Homework 1.3: Validating image files (50 pts)

In live microscope imaging, we often take time courses. In one such experiment, I injected half-micron fluorescent beads into a stage 9 Drosophila oocyte (see Box 2 of this paper by Becalska and Gavis for an illustration). I performed this experiment on a Leica SP2 microscope at the ALMS at UCLA. The data from this experiment, as they were saved from the computer connected to the microscope, are in ZIP file https://s3.amazonaws.com/bebi103.caltech.edu/data/leica_tiffs.zip. (Be sure to put the ZIP file in the ../data/ directory and unzip it there so that the folder is ../data/leica_tiffs/.)

In this experiment, I first took a DIC image of the egg chamber, which is saved as stage9_Image003_ch00.tif. The remainder of the image files in the directory are from a time course of 125 images.

a) The naming convention the Leica software used for storing the images is

name_Series###_t##_z###_ch##.tif

Let’s break down the respective fields in file name, or, as podcasters annoyingly like to say preceded with a pause and followed by filler music, “Let’s unpack this.”

  • name is a user-suppled name of the images.

  • Series### gives the number of the series of images. In this case, it’s Series006.

  • The t## field gives the number of the image in the time series. For example, t00 is the first image, and t05 is the sixth. Importantly, though, the number of digits after the t can grow; t105 is the 106th image.

  • The z### gives the level of the z-stack. In this case, I was only imaging in one plane, so it’s z000 for all images.

  • The ch## is the number of the fluorescent channel. I used a single channel here, so it’s ch00 for all images.

Your first task in parsing this directory of images is to create a list of file names where the file names are in order of the time course. You should also identify any dropped (missing) frames.

b) The file stage9.txt contains metadata generated by the instrument about the images. Importantly, it has the time stamps of the images.

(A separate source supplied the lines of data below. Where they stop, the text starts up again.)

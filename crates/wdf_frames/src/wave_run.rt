ghost use Rattle.std.specs.Prelude.{vec_len};
ghost use Rattle.wdf_frames.specs.Shaped.{HasRoom};

use crate::FrameStop;
use crate::frames::write_wave;
use crate::round::{BLOCK, Round};
use std::alloc::{AllocError, Global};
use wdf_bounds::Plan;
use wdf_energy::Totals;
use wdf_io::{Sink, Source};
use wdf_lattice::Networks;
use wdf_law::Side;
use wdf_wav::Head;

/// The run of one wave by a netlist's networks. It holds all the memory that the run takes.
#[derive(Drop)]
pub struct WaveRun {
    // In a box, since it is large: it has the engines of all runs.
    round: Box<Round>,
    // The bytes of a block that is read, and of one that is written.
    frames: Vec<u8>,
    made: Vec<u8>,
    ghost room: { HasRoom round.value.runner round.value.head round.value.runs (vec_len frames) (vec_len made) },
}

impl WaveRun {
    ghost use Rattle.std.specs.Prelude.{◌≡◌, ◌<◌, ◌≤◌, IfOk, OnOk, IfErr, IsErrOf};
    ghost use Rattle.wdf_io.specs.Causes.{Rose};
    ghost use Rattle.wdf_lattice.specs.Sides.{sources_driven, run_count};
    ghost use Rattle.wdf_lattice.specs.Runners.{FitsEach, DriveAll};
    ghost use Rattle.wdf_wav.specs.Header.{IsPcmHead};
    ghost use Rattle.wdf_frames.specs.Setting.{setting, runs_of};
    ghost use Rattle.wdf_frames.specs.RunFacts.{TellsRun};
    ghost use Rattle.wdf_frames.specs.WaveRuns.{WritesWave};
    ghost use Rattle.wdf_frames.specs.Stops.{FrameStops};
    ghost use Rattle.wdf_frames.specs.RunStates.{IsReady, IsFresh, limited_by, setting_of, totals_by};

    /// A run, at rest, of a wave whose head was read.
    ///
    /// The plan fits each network and has the head's width and at least its frames. With several
    /// sources the wave has a channel for each; a branch of a lattice has one source.
    ///
    /// # Errors
    ///
    /// Where no memory is left. No later call takes memory.
    pub fn new(
        alloc: Global,
        networks: Networks,
        plan: &Plan,
        head: &Head,
    ) -> Result<WaveRun, AllocError>
        requires plan { FitsEach networks plan.now }
        requires head { IsPcmHead head.now }
        requires bits { head.now.bits ≡ plan.now.bits }
        requires frames { head.now.frames ≤ plan.now.frames }
        requires driven { DriveAll networks (run_count networks head.now.channels) }
        requires sources { 1 < sources_driven networks → head.now.channels ≡ sources_driven networks }
        ensures { IfOk result (IsReady (setting networks plan.now head.now)) }
    {
        let round = Round::boxed(alloc, networks, *plan, *head)?;
        let frames = vec![in alloc; 0u8; BLOCK * round.read_size()]?;
        let made = vec![in alloc; 0u8; BLOCK * round.write_size()]?;
        Ok(WaveRun {
            round,
            frames,
            made,
        })
    }

    /// Reads all frames of the wave, whose head was read, and writes the wave of their load waves:
    /// a header of 44 bytes, the output samples, and a pad byte after data of odd size. It reads and
    /// writes in blocks of at most 4,096 frames. No byte behind the last frame is read. Once it is done,
    /// [`WaveRun::limited`] and [`WaveRun::totals`] tell of just these frames.
    ///
    /// A sample's magnitude is at most the plan's `amp`.
    ///
    /// # Errors
    ///
    /// `ReadFault` and `WriteFault` only where the input's or the output's count of faults rose. Else
    /// `Amplitude`, with the first sample over amp, exactly where a whole frame has one, and else
    /// `Truncated` exactly where the input ends before its last frame. The output has then the header,
    /// which states all frames, and just the output samples of the frames before.
    pub fn write<I: Source, O: Sink>(&mut self, input: &mut I, out: &mut O) -> Result<(), FrameStop>
        requires { IsFresh self.old }
        ensures told { OnOk result ((wave : WritesWave (setting_of self.old) (I.left input.old) (I.left input.new) (O.written out.old) (O.written out.new)) × TellsRun (setting_of self.old) wave.body (limited_by self.new) (totals_by self.new)) }
        ensures stopped { IfErr result (FrameStops (setting_of self.old) (I.left input.old) (I.left input.new) (O.written out.old) (O.written out.new)) }
        ensures same { setting_of self.new ≡ setting_of self.old }
        ensures read_later { I.faults input.old ≤ I.faults input.new }
        ensures write_later { O.faults out.old ≤ O.faults out.new }
        ensures read_fault { IsErrOf result FrameStop.ReadFault → Rose (I.faults input.old) (I.faults input.new) }
        ensures write_fault { IsErrOf result FrameStop.WriteFault → Rose (O.faults out.old) (O.faults out.new) }
    {
        write_wave(
            &mut self.round,
            &mut self.frames,
            &mut self.made,
            input,
            out,
        )
    }

    /// The networks that run.
    pub fn networks(&self) -> &Networks
        ensures { result.now ≡ (setting_of self.now).networks }
    {
        self.round.networks()
    }

    /// How many runs there are, 1 to 8: one for each channel of the output.
    pub fn runs(&self) -> usize
        ensures value { result ≡ runs_of (setting_of self.now) }
        ensures some { 1 ≤ result }
        ensures few { result ≤ 8 }
    {
        self.round.runs()
    }

    /// Where the energy of a run went, in the frames so far: in all of them once [`WaveRun::write`] is
    /// done. None exactly where the networks have no such side, or there is no such run.
    pub fn totals(&self, side: Side, run: usize) -> Option<Totals>
        ensures { result ≡ totals_by self.now side run }
    {
        self.round.totals(side, run)
    }

    /// How many output samples were limited so far.
    pub fn limited(&self) -> u64
        ensures { result ≡ limited_by self.now }
    {
        self.round.limited()
    }
}
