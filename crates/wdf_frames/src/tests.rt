ghost use Rattle.std.specs.Prelude.{◌≡◌, ◌≤◌, ◌<◌, IfOk, IfSome, OnOk};
ghost use Rattle.wdf_bounds.specs.WordBound.{Fits};
ghost use Rattle.wdf_algebra.specs.Samples.{IsSampleWidth};
ghost use Rattle.wdf_wav.specs.Header.{IsFrameFormat, IsPcmHead, data_size};
ghost use Rattle.wdf_frames.specs.RunStates.{IsFresh};

use super::*;
use std::alloc::{AllocError, Global};
use std::process::Abort;
use std::test::Fail;
use wdf_bounds::{Plan, plan_check};
use wdf_energy::Totals;
use wdf_io::{MemSink, MemSource, take_exact};
use wdf_lattice::Networks;
use wdf_law::{Kind, Net, Outlet, Side, Tree};
use wdf_quant::enclose;
use wdf_wav::{Head, head_bytes};

// ---- networks, each with a source as element 0

fn leaf(elem: u32, kind: Kind) -> Tree {
    Tree::Leaf {
        elem,
        kind,
        flip: false,
    }
}

fn pair(alloc: Global, first: Tree, second: Tree) -> Result<Tree, AllocError> {
    Ok(Tree::Parallel {
        m: 8192,
        l: Box::new(alloc, first)?,
        r: Box::new(alloc, second)?,
    })
}

// A source and a load of the same resistance: each output sample is that of the input.
fn divider() -> Result<Net, Fail>
    ensures { IfOk result (λ net. net.k ≡ 14) }
{
    let net = Net::new(
        14,
        8192,
        leaf(0, Kind::Src),
        leaf(1, Kind::Res),
        Outlet::Load(1),
    )?;
    Ok(net)
}

// A source, and an element and a load in parallel.
fn tee(alloc: Global, kind: Kind) -> Result<Net, Fail>
    ensures { IfOk result (λ net. net.k ≡ 14) }
{
    let right = pair(alloc, leaf(1, kind), leaf(2, Kind::Res))?;
    let net = Net::new(14, 5461, leaf(0, Kind::Src), right, Outlet::Load(2))?;
    Ok(net)
}

// A branch of a lattice: a source and a resistor.
fn branch(m: u32) -> Result<Net, Fail>
    ensures { IfOk result (λ net. net.k ≡ 14) }
{
    let net = Net::new(
        14,
        m,
        leaf(0, Kind::Src),
        leaf(1, Kind::Res),
        Outlet::Source,
    )?;
    Ok(net)
}

// ---- runs

fn fits(alloc: Global, net: &Net, plan: &Plan) -> Result<(), Fail>
    requires { plan.now.k ≡ net.now.k }
    ensures { OnOk result (Fits net.now plan.now) }
{
    let ratios = enclose(alloc, net)?;
    plan_check(alloc, net, &ratios, plan)?;
    Ok(())
}

fn ladder(alloc: Global, net: Net, plan: &Plan, head: &Head) -> Result<WaveRun, Fail>
    requires width { plan.now.k ≡ net.k }
    requires head { IsPcmHead head.now }
    requires bits { head.now.bits ≡ plan.now.bits }
    requires frames { head.now.frames ≤ plan.now.frames }
    ensures { IfOk result IsFresh }
{
    fits(alloc, &net, plan)?;
    let sources = net.source_count();
    if sources > 1 && usize::from(head.channels) != sources {
        return Err(Fail::new("other channels"));
    }
    let run = WaveRun::new(alloc, Networks::Ladder(net), plan, head)?;
    Ok(run)
}

fn lattice(alloc: Global, a: Net, b: Net, plan: &Plan, head: &Head) -> Result<WaveRun, Fail>
    requires first { plan.now.k ≡ a.k }
    requires second { plan.now.k ≡ b.k }
    requires head { IsPcmHead head.now }
    requires bits { head.now.bits ≡ plan.now.bits }
    requires frames { head.now.frames ≤ plan.now.frames }
    ensures { IfOk result IsFresh }
{
    fits(alloc, &a, plan)?;
    fits(alloc, &b, plan)?;
    if a.source_count() != 1 || b.source_count() != 1 {
        return Err(Fail::new("other sources"));
    }
    let run = WaveRun::new(alloc, Networks::Lattice { a, b }, plan, head)?;
    Ok(run)
}

#[derive(Clone, Copy)]
enum Circuit {
    Divider,
    // A source, and this and a load in parallel.
    Tee(Kind),
    // Branches of a microohm and a megohm.
    Lattice,
}

// A run, with multipliers of 14 bits and a plan for 10,000 frames.
fn run_of(
    alloc: Global,
    circuit: Circuit,
    guard: u8,
    amp: u32,
    head: &Head,
) -> Result<WaveRun, Fail>
    requires head { IsPcmHead head.now }
    requires frames { head.now.frames ≤ 10000 }
    ensures { IfOk result IsFresh }
{
    let Some(plan) = Plan::new(14, guard, 0, 10000, amp, head.bits as u8) else {
        return Err(Fail::new("no plan"));
    };
    match circuit {
        Circuit::Divider => ladder(alloc, divider()?, &plan, head),
        Circuit::Tee(kind) => ladder(alloc, tee(alloc, kind)?, &plan, head),
        Circuit::Lattice => lattice(alloc, branch(1)?, branch(16383)?, &plan, head),
    }
}

fn width(is_byte: bool) -> u16
    ensures { IsSampleWidth result }
{
    if is_byte { 8 } else { 16 }
}

fn data_bytes(head: &Head) -> Option<u32>
    ensures { IfSome result (λ size. size ≡ data_size head.now) }
{
    let frame = head.channels.checked_mul(head.bits / 8)?;
    head.frames.checked_mul(u32::from(frame))
}

// The head, where it has not too many frames.
fn short(head: Head) -> Result<Head, Fail>
    requires format { IsFrameFormat head.channels head.bits }
    requires rate { head.rate ≤ 1000000 }
    ensures pcm { IfOk result IsPcmHead }
    ensures few { IfOk result (λ h. h.frames ≤ 10000) }
{
    match data_bytes(&head) {
        Some(size) if size < 0xFFFF_FF00 && head.frames <= 10000 => Ok(head),
        _ => Err(Fail::new("too many frames")),
    }
}

// A head of samples of 8 or 16 bits.
fn head(channels: u16, is_byte: bool, frames: u32) -> Result<Head, Fail>
    ensures pcm { IfOk result IsPcmHead }
    ensures few { IfOk result (λ h. h.frames ≤ 10000) }
{
    if channels < 1 || channels > 8 {
        return Err(Fail::new("no channels"));
    }
    short(Head {
        channels,
        rate: 48000,
        bits: width(is_byte),
        frames,
    })
}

In my analysis of these images, I was working under the assumption that the time between images was the same for each pair of successive images in the experiment. First, look at the metadata file so that you understand its structure and then programmatically parse out the time stamps and compute the time between frames to verify that my assumption about them being the same for all image pairs is valid.

Hint: This encoding of the metadata file is not Unicode. You will need to use the encoding keyword argument of open() to be able to read the file. This is likely CP 1252 encoded, so you can use encoding='cp1252'.

This is an example of data validation. We need to make sure the images are in the proper order and that the time stamps are appropriate. We will talk more about data validation, and maybe even have another homework problem on it, later in the term.

By not doing these things when I first did these experiments, I wasted over a month of time trying to figure out what was wrong with the microscope until I discovered I was not properly parsing the time points of the experiment. You get to learn from my mistake in this problem.